EL SETENTA
Y CUATRO
Doña
Carmen no suele coger el autobús pero su hija ha insistido en que
fuera hoy a comer y esta línea la lleva de Francisco Silvela a
Rosales, casi de puerta a puerta. Trabajosamente ascendió al
vehículo, con el paquete de la pastelería colgando del brazo. Se
sorprendió de lo mucho que había subido el billete desde la última
vez. Al dar un vistazo al interior observó que pese a ser una hora
rara, no quedaba ni un solo asiento libre. Una chica con melena larga
y un pircing en la ceja que iba leyendo, le cedió amablemente el
asiento, y ella se lo agradeció. Tenía por delante un largo
trayecto y la idea de hacerlo en píe, intentando mantener el
equilibrio agarrada a una barra le parecía un suplicio; antes de
sentarse lanzó una mirada reprobatoria al hombre de al lado, que ni
se molestó el levantar la vista de la maquinita cuyas teclas pulsaba
compulsivamente. Se acomodó y empezó a observar a los viajeros más
próximos: dos muchachos con mochilas que seguramente se habían
fumado la clase y parecían muy divertidos; una señora mayor con la
bolsa de la compra de la que asomaban los rabos de unos puerros; un
tipo con aspecto de extranjero; la muchacha de las ojeras que iba
dormitaba enfrente; un señor con gafas que leía el periódico y
tenía un tic que le obliga a cerrar el ojo derecho y mover la nariz
a intervalos exactos, en cuya contemplación se quedó enganchada. La
sobresaltó la estridente melodía de un teléfono móvil, sacándola
de su entretenimiento y centró su atención en la extravagante de
botas de charol blanco con altos tacones, jersey turquesa y melena
ajada. “No tiene edad para nada de lo que lleva” - pensó de
inmediato. “¡Por dios, que facha! Hay gente que no sabe vestirse,
aunque seguro que esa ha sido así toda su vida, no hay más que
verla, es una ordinaria. Sentenció. Escuchó sin esfuerzo la
conversación de la que todo el bús era oyente obligado por las
voces que daba la buena mujer.
- Yo
no la he vuelto a llamar, desde la faena que me hizo en el viaje a
Gandía. -dijo- Perdona que te diga, pero es una guarra. Sí, hija
sí; siempre ha sido una interesada y una aprovechada.
La
estrambótica mujer de pronto se levantó apresurada y alcanzó la
salida cuando a punto estaban de cerrarse las puertas, llevándose
con ella la charla.
Unos
bajan, otros suben y el autobús quedó más silencioso, hasta que se
aproximó un chaval con los cascos puesto que coreaba de vez en
cuando la canción que escuchaba, y dado el volumen al que lo hacía,
también los mazazos de la música machacona repercutían en las
personas que tenía cerca.
Al
otro lado del pasillo y una fila más adelante se acomodó una mujer,
corriente, de mediana edad.

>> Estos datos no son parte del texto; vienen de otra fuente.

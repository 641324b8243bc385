//! Runs of the generator over a reader and a writer while memory runs out.

use crate::generated::{ITEMS, ROWS, is_module_of, is_refusal};
use crate::refusals::generated::field_bytes;
use std::alloc::Global;
use std::test::Fail;
use wasm_gen::error::RunError;
use wasm_gen::run::run_generate;
use wasm_gen::smith::Config;
use wasm_smith_config_rows::settings::config_in;
use wasm_test_rows::fields::three_fields;
use wasm_test_rows::rows::check_rows;

// Makes a module of a seed and writes it.
fn run(alloc: Global, config: &Config, seed: &[u8], written: &mut Vec<u8>) -> Result<(), RunError> {
    let mut reader = seed;
    run_generate(alloc, config, &mut reader, written)
}

// Checks that just the module of the row is written, or that the seed is refused so. Where memory runs out on the words, it doesn't a second time.
fn is_answer(alloc: Global, answer: Result<(), RunError>, written: &[u8], expected: &str) -> bool {
    match answer {
        Ok(()) => is_module_of(alloc, written, expected) || is_module_of(alloc, written, expected),
        Err(RunError::Generate(e)) => {
            let is_cause = is_refusal(alloc, e, expected) || is_refusal(alloc, e, expected);
            is_cause && written.is_empty()
        }
        Err(_) => false,
    }
}

// Checks that it is, at the second time where memory runs out at the first and nothing is written.
fn writes(
    alloc: Global,
    config: &Config,
    seed: &[u8],
    expected: &str,
    written: &mut Vec<u8>,
) -> bool {
    let mut answer = run(alloc, config, seed, written);
    if answer == Err(RunError::Memory) && written.is_empty() {
        answer = run(alloc, config, seed, written);
    }
    is_answer(alloc, answer, written, expected)
}

// Allocates capacity for all that is written, so that no write fails.
fn capacity(alloc: Global) -> Option<Vec<u8>> {
    match Vec::with_capacity(alloc, 1024) {
        Ok(written) => Some(written),
        Err(_) => Vec::with_capacity(alloc, 1024).ok(),
    }
}

fn holds(alloc: Global, row: &str) -> Option<bool> {
    let (settings, seed, expected) = three_fields(row)?;
    let config = config_in(settings)?;
    let seed = field_bytes(alloc, seed)?;
    let mut written = capacity(alloc)?;
    Some(writes(alloc, &config, &seed, expected, &mut written))
}

#[test]
fn modules_are_written(rt: HostRuntime) -> Result<(), Fail> {
    Ok(check_rows(rt.alloc(), ROWS, 32, holds)?)
}

#[test]
fn modules_of_each_item_are_written(rt: HostRuntime) -> Result<(), Fail> {
    Ok(check_rows(rt.alloc(), ITEMS, 20, holds)?)
}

A doña Carmen esa cara le recordó a
alguien, aunque era tan despistada que a veces se cruzaba por la
calle con familiares o conocidos sin saludarles y no es que fuera
antipática, aunque muy simpática nunca había sido, es que era muy
mala fisonomista. No, no conseguía acordarse en ese momento de
donde, ni de qué le sonaba esa mujer. Le daba rabia y se recriminó
por su mala memoria.
Al
poco rato también la escuchó hablar por teléfono. Al oír su voz
estuvo segura, la conocía pero seguía sin ubicarla. Intentó
agudizar el oído, que ya de por si empezaba a fallarle y pensó
“que manía tiene todo el mundo con los dichosos móviles... Igual
que Lulu, que en cuanto está aburrida telefonea a quien sea. A mi me
parece hasta de mala educación. No, si no me extraña que al pobre
Miguel se le lleven los diablos cada vez que vienen los recibos. ¡Lo
que le gusta hablar a la gente...!”.
Se
esforzó en escuchar, para ver si a través de la conversación
conseguía identificarla y cada vez le resultaba más familiar su
voz. Al principio no conseguía entender todo lo que decía,
afortunadamente se seguía bajando gente y el ruido de alrededor
disminuyó paulatinamente, permitiéndole entender mejor la
conversación que seguía con creciente interés.
-
Entiéndeme, no es que me vayan a echar, pero te lo digo por si tengo
que buscar otra casa. Aun no lo debe saber nadie. Últimamente yo no
les veía nada bien, pero nunca pensé que llegaran a esto. Me enteré
de casualidad, tuvieron una conversación entre ellos subida de tono
y al día siguiente oí al señor hablar con don Ramón, su abogado.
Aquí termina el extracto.